=== Section Start ===

// Refusal 4 of a case: a boolean that names no boolean fact, a relation that names no relation fact or one without its family's record, a
// constraint that names no node. `set` has the facts that a record of the kind may name.
ghost use Rattle.std.specs.Prelude.{◌≡◌, ◌≤◌};
ghost use Rattle.sets.specs.paper.Sets.{any_of};
ghost use Rattle.records.specs.paper.Fields.{fine, first_fault};
ghost use Rattle.records.specs.paper.Case.{case_naming_faults, booleans_at};
ghost use Rattle.records.specs.code.Decoded.{plan_of, case_of, families_of};
ghost use Rattle.records.specs.code.Check.{checked_of};
ghost use Rattle.records.specs.code.CaseNamed.{CaseCountsOf, CaseCountLimits, same_family, RelationFacts, BooleansNamed, RelationsNamed, ConstraintsNamed};

use crate::case::{Booleans, Case, Constraints, Families, Relations};
use crate::checked::Checked;
use crate::plan::checks::naming::boolean_facts;
use crate::plan::counts::count_records;
use crate::plan::{Facts, Plan};
use sets::{bit, contains, union};

// How many records of each kind a case has, whatever its count fields say.
#[derive(Drop)]
pub struct CaseCounts {
    pub headings: usize,
    pub families: usize,
    pub booleans: usize,
    pub relations: usize,
    pub constraints: usize,
}

pub fn count_case(case: Case) -> CaseCounts
    ensures { CaseCountsOf (case_of case) result × CaseCountLimits result }
{
    CaseCounts {
        headings: case.headings.min(1),
        families: case.families.count.min(16),
        booleans: case.booleans.count.min(64),
        relations: case.relations.count.min(256),
        constraints: case.constraints.count.min(16),
    }
}

pub fn has_family(families: Families, number: u8) -> bool
    ensures { result ≡ any_of (same_family number) (families_of families) }
{
    let count = families.count.min(16);
    for i in 0..count {
        if families.items[i].number == number {
            return true;
        }
    }
    false
}

// The facts that a relation record may name, as a set: the relation facts whose family has a record.
pub fn relation_facts(facts: Facts, families: Families) -> u64
    ensures { RelationFacts facts families result }
{
    let count = facts.count.min(64);
    let mut m: u64 = 0;
    for k in 0..count {
        let fact = facts.items[k];
        if !fact.boolean && has_family(families, fact.family) {
            m = union(m, bit(k as u8));
        }
    }
    m
}

fn boolean_faults(set: u64, booleans: Booleans, first: usize) -> Checked
    requires { first ≤ 1000 }
    ensures { BooleansNamed set booleans first result }
{
    let count = booleans.count.min(64);
    for k in 0..count {
        if !contains(set, booleans.items[k].fact) {
            return Checked::Refused {
                number: 4,
                record: first + k,
            };
        }
    }
    Checked::Accepted
}

fn relation_faults(set: u64, relations: Relations, first: usize) -> Checked
    requires { first ≤ 1000 }
    ensures { RelationsNamed set relations first result }
{
    let count = relations.count.min(256);
    for k in 0..count {
        if !contains(set, relations.items[k].fact) {
            return Checked::Refused {
                number: 4,
                record: first + k,
            };
        }
    }
    Checked::Accepted
}

fn constraint_faults(nodes: usize, constraints: Constraints, first: usize) -> Checked
    requires { first ≤ 1000 }
    ensures { ConstraintsNamed nodes constraints first result }
{
    let count = constraints.count.min(16);
    for k in 0..count {
        if usize::from(constraints.items[k]) >= nodes {
            return Checked::Refused {
                number: 4,
                record: first + k,
            };
        }
    }
    Checked::Accepted
}

// Kind by kind, the first record that names what is not there.
pub fn case_naming(plan: Plan, case: Case) -> Checked
    ensures { result ≡ checked_of (first_fault (booleans_at (case_of case)) (case_naming_faults (plan_of plan) (case_of case)) (fine (case_of case))) }
{
    let facts = plan.facts;
    let families = case.families;
    let boolean_set = boolean_facts(facts);
    let relation_set = relation_facts(facts, families);
    let nodes = count_records(plan).nodes;
    let counts = count_case(case);
    let at_booleans = counts.headings + counts.families;
    let booleans = case.booleans;
    let a = boolean_faults(boolean_set, booleans, at_booleans);
    let Checked::Accepted = a else {
        return a;
    };
    let at_relations = at_booleans + counts.booleans;
    let relations = case.relations;
    let b = relation_faults(relation_set, relations, at_relations);
    let Checked::Accepted = b else {
        return b;
    };
    let constraints = case.constraints;
    constraint_faults(nodes, constraints, at_relations + counts.relations)
}
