//! What holds of the hosts of a played group in every run.

ghost use Rattle.world_laws.specs.HostLaws.{HostsCanFail, HostsCanTake, ReachedAreWhole};
ghost use Rattle.world_laws.specs.Sizes.{MessagesAreSized};
ghost use Rattle.world_laws.specs.Waits.{RestingWait, StepsWait};

/// In every scene to which steps lead, each host can take a step, and its power can fail.
pub fn hosts_can()
    ensures whole { ReachedAreWhole }
    ensures take { HostsCanTake }
    ensures fail { HostsCanFail }
{}

/// Each call that a step answers or refuses has somebody who waits for it, where each update above
/// CP at an open leader has; and each step leaves it so, a fall and a boot too.
pub fn steps_wait()
    ensures wait { StepsWait }
    ensures rest { RestingWait }
{}

/// What a step sends has as many bytes as a run says.
pub fn messages_are_sized()
    ensures sized { MessagesAreSized }
{}
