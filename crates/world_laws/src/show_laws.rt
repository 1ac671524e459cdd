//! What servers show in every run.

ghost use Rattle.world_laws.specs.Shown.{NodesShowRightly};

/// In every scene to which steps lead, what the node of a host shows is what the rule says, and true
/// of the records of the book's updates.
pub fn nodes_show_rightly()
    ensures right { NodesShowRightly }
{}
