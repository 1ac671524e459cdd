//! What holds of the hosts of a played group in every run; and the records that servers of a group
//! keep and send are those of their views' lists.
//!
//! # What is proved
//!
//! What stands for the servers of a group that is played with disks (`IsHost` of `world_rules`),
//! and what holds of the records that servers have beside the machine's entries, in each group that
//! meets the facts; definitions and proofs alone. Records are those of a list where their entries
//! are the list's, from a place on, with the changes that the list's history has there; each may be
//! stamped with any view.
//!
//! - `hosts_can`: in each scene to which steps lead the group meets the facts (`whole`). There a
//!   step of a server that is the machine's, over its disk of the run, has what it rests on
//!   (`take`): its log is of its list and holds the tree at CP, an apply makes the changes of the
//!   history, an active server has no saved log, and no disk has blocks of numbers that no file
//!   has. So has a power failure: the witness's LB is its log's base where it holds one (`fail`).
//! - `steps_wait`: where each update above CP at an open leader has somebody who waits for it, a
//!   step that begins with a deed or with a message that was sent answers and refuses no more calls
//!   than there are to answer, and leaves it so (`wait`); nobody has to wait at a server that fell
//!   or just booted (`rest`).
//! - `messages_are_sized`: a message that such a step sends, and that carries the records of its
//!   view's list, has as many bytes as the run counts for it (`sized`): the view that a record was
//!   stamped with changes none of its number of bytes.
//! - `starts_are_right`: at first no server has a record, in memory or saved (`start`).
//! - `steps_keep_stocks`: a deed of a server, but a power failure or a crash, and the delivery of a
//!   message that carries the records of its view's list, lead from a stock (`stock_after` of
//!   `node`) whose log is of the accepted view's list, and whose pulled records are of the promised
//!   view's, to such a stock; and they leave the records of the saved log right (`deeds`,
//!   `deliveries`). The other servers stay as they are (`others`).
//! - `marks_keep_logs`: a server that falls has no record in memory, and its saved log stays right;
//!   a power failure saves the records of the log, where there is one and none is saved (`falls`).
//!   A boot has the records of the saved log, where it holds a log then (`boots`).
//! - `stocks_stay`: whatever happens, the stock and the saved log of a server that stays as it is
//!   stay right, and so do the records of each message that was sent (`stay`).
//! - `sends_are_right`: a message that is heard as one that a step sends carries the records of its
//!   view's list, where each stands in its server's log or is what the step appends (`deeds`,
//!   `deliveries`).
//! - `logs_are_right`: a server's log with a right stock is of its list up to its top, as the
//!   reader of a tree and a fetch want it (`IsOfList` of `tree_log`), and it serves no more than it
//!   has (`right`).
//! - `trees_are_held`: where a data server holds a log, and its disk is between its mark and how
//!   far it may be, the tree can be read in its records over the disk (`HoldsTree` of `tree_log`):
//!   after each number of updates from there up to top, and after CP where it is settled (`held`).
//!   The store may tell anything of the cells of saved logs.
//! - `nodes_show_rightly`: in each scene to which steps lead, what a server's node shows over its
//!   disk is what the group's numbers say (`shown_by`): CP of a cell, the entries of records, or the
//!   base; and it is true of the records of the book's updates (`IsShownOf` of `shown`): a cell at
//!   CP, but of a saved log, and the committed records from an index on (`right`).
#![tactic(auto)]

mod book_laws;
mod host_laws;
mod show_laws;
mod stock_laws;

pub use book_laws::books_grow;
pub use host_laws::{hosts_can, messages_are_sized, steps_wait};
pub use show_laws::nodes_show_rightly;
pub use stock_laws::{
    logs_are_right, marks_keep_logs, sends_are_right, starts_are_right, steps_keep_stocks,
    stocks_stay,
};
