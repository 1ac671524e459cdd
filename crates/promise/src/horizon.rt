//! What a server promised.

ghost use Rattle.std.specs.Prelude.{◌≡◌, ◌+◌, ◌<◌, ◌≤◌, ◌^◌, max, nat_le};
ghost use Rattle.harp_types.specs.Limits.{clock_skew};

use crate::deadline::Deadline;
use crate::delta::Delta;
use harp_types::CLOCK_SKEW;
use std::marker::Model;

/// Up to when the promises of a server may run, and how long those of its boot last. The server
/// tells the horizon with each join, so that a new view opens only once all promises that its
/// servers gave in older ones are over. It never falls.
#[derive(Drop)]
pub struct Horizon {
    until: Deadline,
    delta: Delta,
}

impl Model for Horizon {
    ghost use Rattle.promise.specs.Promise.{HorizonValue};

    ghost Value = { HorizonValue };

    ghost view = { λ h. record { until = h.until; delta = h.delta } };
}

impl Horizon {
    /// The horizon of a server that boots at this reading of its clock, which is below 2^62. No boot
    /// of its disk promised for longer than `longest`, so what it promised before is over by then.
    /// The promises of this boot last for `delta`.
    pub fn boot(now: u64, longest: Delta, delta: Delta) -> Horizon
        requires now { now < 2 ^ 62 }
        requires longest { delta ≤ longest }
        ensures { result ≡ record { until = now + longest; delta = delta } }
    {
        Horizon {
            until: Deadline::new(now + longest.get() as u64),
            delta,
        }
    }

    /// Promises from this reading of the clock on, which is below 2^62, and gives the end of the
    /// promise. The horizon is no earlier.
    pub fn give(&mut self, now: u64) -> Deadline
        requires { now < 2 ^ 62 }
        ensures promise { result ≡ now + self.old.delta }
        ensures horizon { self.new ≡ record self.old { until = max self.old.until (now + self.old.delta) } }
    {
        let until = Deadline::new(now + self.delta.get() as u64);
        self.until = self.until.later(until);
        until
    }

    /// Up to when the promises given so far may run.
    pub fn until(&self) -> Deadline
        ensures { result ≡ self.now.until }
    {
        self.until
    }
}

/// Whether a view with this horizon may open by this reading of its leader's clock: by no clock of
/// the group a promise of an older view still runs.
pub fn may_open(now: u64, horizon: Deadline) -> bool
    ensures { result ≡ nat_le (horizon + clock_skew) now }
{
    horizon.get() + CLOCK_SKEW <= now
}
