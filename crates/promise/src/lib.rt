//! Promises: until when a server helps no view but its leader's, and until when a leader may answer
//! reads by itself (Harp paper).
//!
//! # What is proved
//!
//! `Deadline`, the end of a promise, is below 2^62 + 100,000, and `Delta`, a length of promises,
//! from 500 to 100,000 milliseconds. No call takes memory.
//!
//! - `Horizon::boot` has the horizon clock + longest, and keeps the delta of its boot. `give` gives
//!   the clock + that delta (`promise`) and raises the horizon to it where it was lower
//!   (`horizon`).
//! - `Grant::take` keeps the later end, and `allows` says whether the clock is below it. `may_open`
//!   says whether the clock has reached the horizon + 50.
#![tactic(auto)]

mod deadline;
mod delta;
mod grant;
mod horizon;

pub use deadline::Deadline;
pub use delta::Delta;
pub use grant::Grant;
pub use horizon::{Horizon, may_open};
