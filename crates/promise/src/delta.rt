//! How long promises last.

ghost use Rattle.std.specs.Prelude.{◌≡◌, ◌↔◌, max, IfSome, IsSome};
ghost use Rattle.harp_types.specs.Limits.{first_promise};
ghost use Rattle.promise.specs.Promise.{IsDelta};

use harp_types::FIRST_PROMISE;
use std::marker::Model;

/// How many milliseconds a promise lasts, from 500 to 100,000.
#[derive(Clone, Copy, PartialEq, Eq, PartialOrd, Ord)]
pub struct Delta {
    millis: u32,
}

impl Model for Delta {
    ghost use Rattle.std.specs.Prelude.{ℕ};
    ghost use Rattle.promise.specs.Promise.{IsDelta};

    ghost Value = { ℕ };

    ghost view = { λ d. d.millis };

    ghost invariant = { λ d. IsDelta d.millis };

    ghost inverse = { λ n. record { millis = n } };
}

impl Delta {
    /// The length of a number from 500 to 100,000.
    pub fn of(millis: u32) -> Option<Delta>
        ensures found { IsSome result ↔ IsDelta millis }
        ensures value { IfSome result (λ d. d ≡ millis) }
    {
        if 500 <= millis && millis <= 100_000 {
            Some(Delta { millis })
        } else {
            None
        }
    }

    /// The length of a number that is known to be from 500 to 100,000.
    pub fn new(millis: u32) -> Delta
        requires { IsDelta millis }
        ensures { result ≡ millis }
    {
        Delta { millis }
    }

    /// How long promises last where no boot said otherwise: 2000.
    pub fn first() -> Delta
        ensures { result ≡ first_promise }
    {
        Delta {
            millis: FIRST_PROMISE as u32,
        }
    }

    /// The number, from 500 to 100,000.
    pub fn get(self) -> u32
        ensures value { result ≡ self }
        ensures bound { IsDelta self }
    {
        self.millis
    }

    /// The longer of two lengths.
    pub fn longer(self, other: Delta) -> Delta
        ensures { result ≡ max self other }
    {
        Delta::new(self.get().max(other.get()))
    }
}
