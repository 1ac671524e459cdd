//! The ends of promises.

ghost use Rattle.std.specs.Prelude.{◌≡◌, ◌<◌, ◌+◌, ◌^◌, ◌↔◌, max, IfSome, IsSome};

use std::marker::Model;

/// The end of a promise on the clocks, in milliseconds below 2^62 + 100,000: a reading is below
/// 2^62, and a promise lasts for at most 100,000 from one on.
#[derive(Clone, Copy, PartialEq, Eq, PartialOrd, Ord)]
pub struct Deadline {
    millis: u64,
}

impl Model for Deadline {
    ghost use Rattle.std.specs.Prelude.{ℕ, ◌+◌, ◌<◌, ◌^◌};

    ghost Value = { ℕ };

    ghost view = { λ d. d.millis };

    ghost invariant = { λ d. d.millis < 2 ^ 62 + 100000 };

    ghost inverse = { λ n. record { millis = n } };
}

impl Deadline {
    /// The deadline of a number below 2^62 + 100,000.
    pub fn of(millis: u64) -> Option<Deadline>
        ensures found { IsSome result ↔ (millis < 2 ^ 62 + 100000) }
        ensures value { IfSome result (λ d. d ≡ millis) }
    {
        if millis < (1 << 62) + 100_000 {
            Some(Deadline { millis })
        } else {
            None
        }
    }

    /// The deadline of a number that is known to be below 2^62 + 100,000.
    pub fn new(millis: u64) -> Deadline
        requires { millis < 2 ^ 62 + 100000 }
        ensures { result ≡ millis }
    {
        Deadline { millis }
    }

    /// The number, below 2^62 + 100,000.
    pub fn get(self) -> u64
        ensures value { result ≡ self }
        ensures bound { self < 2 ^ 62 + 100000 }
    {
        self.millis
    }

    /// The later of two deadlines.
    pub fn later(self, other: Deadline) -> Deadline
        ensures { result ≡ max self other }
    {
        Deadline::new(self.get().max(other.get()))
    }
}
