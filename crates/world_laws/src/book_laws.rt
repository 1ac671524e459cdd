//! What the steps of servers bring to the book.

ghost use Rattle.world_laws.specs.Books.{DeedsGrow, DeliveriesGrow};

/// In each step, of a deed or of a message that was sent, the book grows by the updates that came
/// within CP at an open leader and weren't entered before, and then by the reads that are answered.
pub fn books_grow()
    ensures deeds { DeedsGrow }
    ensures deliveries { DeliveriesGrow }
{}
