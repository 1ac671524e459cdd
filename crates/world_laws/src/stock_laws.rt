//! What holds of the records that servers keep and send.

ghost use Rattle.world_laws.specs.StockLaws.{BootsAreRight, DeedsKeep, DeliveriesKeep};
ghost use Rattle.world_laws.specs.StockLaws.{FallsAreRight, LogsAreRight, OthersStay};
ghost use Rattle.world_laws.specs.StockLaws.{StartsRight, StocksStay};
ghost use Rattle.world_laws.specs.Sent.{DeedsSend, DeliveriesSend};
ghost use Rattle.world_laws.specs.Trees.{TreesAreHeld};

/// The log of each server is of its view's list, up to its top, with the changes that the list
/// gives to its records; and a server serves no more records than it has.
pub fn logs_are_right()
    ensures right { LogsAreRight }
{}

/// Whatever happens to the group, the records of a server that stays as it is, of its saved log and
/// of the messages that were sent stay those of their views' lists.
pub fn stocks_stay()
    ensures stay { StocksStay }
{}

/// A step leaves its server with records of its views' lists, in memory and saved, where those that
/// came with a message are of the message's view; and it leaves the other servers as they are.
pub fn steps_keep_stocks()
    ensures deeds { DeedsKeep }
    ensures deliveries { DeliveriesKeep }
    ensures others { OthersStay }
{}

/// A server that falls has no record in memory; one that loses power saves those of its log; and
/// one that boots has those of its saved log.
pub fn marks_keep_logs()
    ensures falls { FallsAreRight }
    ensures boots { BootsAreRight }
{}

/// What a step sends carries records of its view's list, with the changes that the list gives them,
/// where a message has such as its server's log has, or as the step appends.
pub fn sends_are_right()
    ensures deeds { DeedsSend }
    ensures deliveries { DeliveriesSend }
{}

/// At first no server has a record, in memory or saved.
pub fn starts_are_right()
    ensures start { StartsRight }
{}

/// The tree of a data server can be read in the records of its log over its disk: at CP where it is
/// settled, and at each number of updates from how far the disk may be up to top.
pub fn trees_are_held()
    ensures held { TreesAreHeld }
{}
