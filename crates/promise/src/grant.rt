//! What a leader was promised.

ghost use Rattle.std.specs.Prelude.{◌≡◌, max, nat_lt};

use crate::deadline::Deadline;
use std::marker::Model;

/// The end of the latest promise that a leader's partner gave in its view; 0 before the first.
#[derive(Drop)]
pub struct Grant {
    until: Deadline,
}

impl Model for Grant {
    ghost use Rattle.std.specs.Prelude.{ℕ};

    ghost Value = { ℕ };

    ghost view = { λ g. g.until };
}

impl Grant {
    /// No promise.
    pub fn none() -> Grant
        ensures { result ≡ 0 }
    {
        Grant {
            until: Deadline::new(0),
        }
    }

    /// Takes a promise until this moment. The latest one counts.
    pub fn take(&mut self, until: Deadline)
        ensures { self.new ≡ max self.old until }
    {
        self.until = self.until.later(until);
    }

    /// Whether a promise still runs by this reading of the clock, so that the leader may answer a
    /// read by itself.
    pub fn allows(&self, now: u64) -> bool
        ensures { result ≡ nat_lt now self.now }
    {
        now < self.until.get()
    }
}
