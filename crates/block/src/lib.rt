// A block of 512 bytes and its check: sizes, places and modulus, and where a record stands among the blocks of a bundle.
#![tactic(auto)]

ghost use Rattle.std.specs.Prelude.{◌≡◌, ◌+◌, ◌*◌, ◌/◌, ◌%◌};
ghost use Rattle.block.specs.Block.{check_of, check_wrong, block_of, start_of};

use base::byte;

// The sizes, places and modulus of a block.
#[derive(Drop)]
pub struct Block;

impl Block {
    pub const SIZE: usize = 512;

    pub const RECORD_SIZE: usize = 12;

    pub const RECORDS: usize = 40;

    pub const NUMBER_PLACE: usize = 508;

    pub const COUNT_PLACE: usize = 509;

    pub const CHECK_PLACE: usize = 510;

    pub const MODULUS: usize = 65521;

    pub const MOST: usize = 7;
}

// Where a record stands: the number of its block, and the byte of that block at which it starts.
#[derive(Clone, Copy)]
pub struct RecordPlace {
    pub block: usize,
    pub start: usize,
}

impl RecordPlace {
    // The place of the record that has so many records before it.
    pub fn after(records: usize) -> Self
        ensures { (result.block ≡ block_of records) × (result.start ≡ start_of records) }
    {
        Self {
            block: records / Block::RECORDS + 1,
            start: Block::RECORD_SIZE * (records % Block::RECORDS),
        }
    }
}

// The check that the bytes of a block have, worked as the keepers do: from the last byte to the first they carry a running total,
// and a total of those totals, which starts at 1. Two bytes to a turn, since two that are read side by side take less time.
pub fn check(bytes: &[u8]) -> usize
    ensures { result ≡ check_of bytes.now }
{
    let mut running: usize = 0;
    let mut totals: usize = 1;
    for turn in (0..Block::CHECK_PLACE / 2).rev() {
        let later = byte(bytes, 2 * turn + 1);
        let earlier = byte(bytes, 2 * turn);
        let between = running + later;
        running = between + earlier;
        totals += between + running;
    }
    totals % Block::MODULUS
}

// Whether the check that a block has differs from the one that stands in it.
pub fn check_differs(bytes: &[u8]) -> bool
    ensures { result ≡ check_wrong bytes.now }
{
    let stored = byte(bytes, Block::CHECK_PLACE) + 256 * byte(bytes, Block::CHECK_PLACE + 1);
    check(bytes) != stored
}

=== Section End ===

In the records above, some lines hold the word "StartsRight"; copy each such line.

ghost use Rattle.world_laws.specs.StockLaws.{StartsRight, StocksStay};
    ensures start { StartsRight }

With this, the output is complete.